Статьи у меня, к сожалению, нет под рукой. Помню, что в ней, среди прочего, рассказывалась легендарная история с туфлей, которую на обеде в Тбилиси в честь делегации московских писателей Ахмадулина запустила в сказавшего какую-то совсем уж невыносимую советскую мерзость соотечественника (Фирсова?), когда увидела, что мужчины решили смолчать: грузины — согласно законам гостеприимства, собратья-москвичи — из осмотрительности. Особый шик аксеновского панегирика состоял в том, что он (не помню, целиком или только в кульминационном эпизоде) был написан ритмической прозой, вероятно, в контрапункт к известному ахмадулинскому фрагменту о встрече с Пастернаком, где в момент его появления — после строчки: Но рифмовать пред именем твоим? — стих переходит в прозу.
Мессерер, однако, как ни в чем не бывало читал с обычной, монотонно-торопливой газетной интонацией, дескать, ну, ясное дело, хвалит тебя Вася, ну и что? Я вмешался:
— Вы не так читаете.
— Что значит не так? А как надо?
Я взял газету и стал читать, скандируя. Ахмадулина оживилась и сыграла роль вечно обижаемой:
— Вот, ты всегда все неправильно передаешь. Если бы не наш досточтимый гость, я бы и не узнауа, что Вася мне стихи написау..
— Видите, Белла Ахатовна, — подал я приготовленную реплику, — и литературоведы на что-то годятся…
Через несколько дней принимать Ахмадулину была наша очередь. В какой-то момент я подсунул на подпись уже изрядно выпившей гостье экземпляр ее «Снов о Грузии» (несколько скомканная дата под посвящением прочитывается как 19 марта 1987 года). А перед самым ее уходом осмелился, наконец, задать давно просившийся наружу каверзный вопрос.
— Как вы относитесь к Ходасевичу?
— Хорошо, хотя, наверно, не все знаю. А почему вы спрашиваете?
— А вот эти стихи вы знаете? — Я взял с полки и стал читать «Перед зеркалом»: «Я, я, я. Что за дикое слово!..»
Ахмадулина слушала внимательно, и, уж не знаю, вопреки ли или благодаря винным парам, эксперимент, поставленный по всем правилам полевой лингвистики, удался на славу. Без каких-либо уверток она сразу, самым трогательным и обезоруживающим образом, хотя и с искренним удивлением, приняла подразумевавшееся предположение о подтексте ее стихотворения «Это я…», написанного тем же размером.

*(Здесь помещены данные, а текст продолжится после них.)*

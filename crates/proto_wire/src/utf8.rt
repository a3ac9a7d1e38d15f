//! `Text`.

ghost use Rattle.std.specs.Prelude.{◌≡◌, [], ◌≤◌, ◌==◌, length, IfOk, OnErr, ◌<◌, string_bytes};
ghost use Rattle.proto_wire.specs.Text.{held_bytes};

use crate::memory::OutOfMemory;
use arrayvec::ArrayString;
use std::alloc::Global;
use std::marker::Model;

/// How many bytes of text are kept in place.
pub const IN_PLACE: usize = 32;

#[derive(Debug, Drop)]
enum Held {
    InPlace(ArrayString<IN_PLACE>),
    OnHeap(String),
}

/// A text. One of at most 32 bytes is kept in place and takes no memory. Contracts see its bytes.
#[derive(Debug, Drop)]
pub struct Text {
    held: Held,
}

impl Model for Text {
    ghost use Rattle.std.specs.Prelude.{List, ℕ};
    ghost use Rattle.proto_wire.specs.Text.{held_bytes};

    ghost Value = { List ℕ };

    ghost view = { λ t. held_bytes t.held };
}

impl Text {
    /// No text. It takes no memory.
    pub fn empty() -> Text
        ensures { result ≡ [] }
    {
        Text::short("")
    }

    /// A text of at most 32 bytes. It takes no memory.
    pub fn short(text: &str) -> Text
        requires { length text.now ≤ 32 }
        ensures { result ≡ text.now }
    {
        let mut kept = ArrayString::new();
        kept.push_str(text);
        Text {
            held: Held::InPlace(kept),
        }
    }

    /// A copy of a text. One of at most 32 bytes takes no memory.
    pub fn new(alloc: Global, text: &str) -> Result<Text, OutOfMemory>
        ensures value { IfOk result (λ t. t ≡ text.now) }
        ensures long { OnErr result (32 < length text.now) }
    {
        if text.len() <= IN_PLACE {
            return Ok(Text::short(text));
        }
        let kept = String::from_str(alloc, text)?;
        Ok(Text {
            held: Held::OnHeap(kept),
        })
    }

    /// The text of a string, which it keeps. It takes no memory.
    pub fn from_string(text: String) -> Text
        ensures { result ≡ string_bytes text }
    {
        Text {
            held: Held::OnHeap(text),
        }
    }

    pub fn as_str(&self) -> &str
        ensures { result.now ≡ self.now }
    {
        match &self.held {
            Held::InPlace(text) => text.as_str(),
            Held::OnHeap(text) => text.as_str(),
        }
    }

    pub fn len(&self) -> usize
        ensures { result ≡ length self.now }
    {
        self.as_str().len()
    }

    pub fn is_empty(&self) -> bool
        ensures { result ≡ (length self.now == 0) }
    {
        self.as_str().is_empty()
    }
}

— А что? Знаете? — может быть!..
На другой день было ее выступление, и так получилось, что ехала она в моей машине. Мы вспомнили ее вчерашнее признание, и я стал рассказывать ей, как впервые услышал «Это я…» году в 76-м, в Москве, по телевизору, когда передавался целый ее поэтический вечер. Я был один дома, «Это я…» (тогда еще не тронутое для меня влиянием Ходасевича) читалось, кажется, в самом конце и исторгло у меня слезы. Пришедшая вскоре Таня, обнаружив их следы на моих щеках, долго прохаживалась на ту тему, что, вот, мол, оказывается, эта бездушная структуралистская личность может все-таки над чем-то плакать. Интересно, что через некоторое время телевизионный концерт был повторен, и те же стихи опять безотказно произвели свое слезоточивое действие.